Sourcepub async fn reload_provider(&self) -> Result<(), LLMError>
pub async fn reload_provider(&self) -> Result<(), LLMError>
Reload the provider based on current configuration
Re-reads the configuration and creates a new LLM provider instance, allowing runtime switching of providers or models.
§Returns
Ok(()) if the provider was successfully reloaded.
§Errors
Returns an error if:
- Configuration cannot be read
- Provider initialization fails (e.g., invalid API key)
§Example
use bamboo_agent::server::app_state::AppState;
use std::path::PathBuf;
#[tokio::main]
async fn main() {
let state = AppState::new(PathBuf::from("/path/to/.bamboo")).await;
// User updated config file...
state.reload_provider().await.expect("Provider reload failed");
}Sourcepub async fn reload_config(&self) -> Config
pub async fn reload_config(&self) -> Config
Reload the configuration from file
Reads the configuration file again and updates the in-memory
config. Note: This does NOT automatically reload the provider;
call reload_provider() afterwards if needed.
§Returns
The newly loaded configuration.
§Example
use bamboo_agent::server::app_state::AppState;
use std::path::PathBuf;
#[tokio::main]
async fn main() {
let state = AppState::new(PathBuf::from("/path/to/.bamboo")).await;
// Reload config from disk
let new_config = state.reload_config().await;
// Optionally reload provider with new config
state.reload_provider().await.ok();
}Sourcepub async fn persist_config(&self) -> Result<()>
pub async fn persist_config(&self) -> Result<()>
Persist the current in-memory config to disk ({app_data_dir}/config.json).
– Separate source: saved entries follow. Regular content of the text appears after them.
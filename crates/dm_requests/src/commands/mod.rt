//! The commands of a debugger: what a typed line asks for.
//!
//! After the DEBUG of MS-DOS (MS-DOS User's Reference, "DEBUG"), with commands of this machine's own for breakpoints,
//! the arena, and expanded and extended memory.

mod command;
mod names;
mod numbers;
mod reading;
mod words;

pub use command::{Bytes, Command, LogicalAddress};
pub use numbers::read_number;
pub use reading::read_command;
This is the single “exit” for configuration writes in the server runtime.
Sourcepub async fn get_provider(&self) -> Arc<dyn LLMProvider>
pub async fn get_provider(&self) -> Arc<dyn LLMProvider>
Get a clone of the current provider
Returns a thread-safe reference to the current LLM provider. This is the preferred way to access the provider for making requests.
§Returns
An Arc reference to the current provider implementation.
§Example
use bamboo_agent::server::app_state::AppState;
use std::path::PathBuf;
#[tokio::main]
async fn main() {
let state = AppState::new(PathBuf::from("/path/to/.bamboo")).await;
let provider = state.get_provider().await;
// Use provider to make LLM requests...
}Sourcepub async fn shutdown(&self)
pub async fn shutdown(&self)
Shutdown all MCP servers gracefully
Sends shutdown signals to all running MCP server processes and waits for them to terminate cleanly.
This should be called during application shutdown to ensure MCP servers are not left running as orphaned processes.
Sourcepub async fn save_event(&self, session_id: &str, event: &AgentEvent)
pub async fn save_event(&self, session_id: &str, event: &AgentEvent)
Save an agent event to persistent storage
Appends the event to the session’s event log in JSONL format.
§Arguments
session_id- Session identifierevent- Event to save
Sourcepub async fn save_session(&self, session: &Session)
pub async fn save_session(&self, session: &Session)
Save a complete session to persistent storage
Writes the session metadata and all events to the storage backend.
§Arguments
session- Session object to save
Sourcepub fn get_all_tool_schemas(&self) -> Vec<ToolSchema>
pub fn get_all_tool_schemas(&self) -> Vec<ToolSchema>
Get all tool schemas from the composite tool executor
Returns schemas for both built-in tools and MCP-provided tools. These schemas are used to inform the LLM about available tools.
§Returns
Vector of tool schemas in Anthropic’s tool definition format.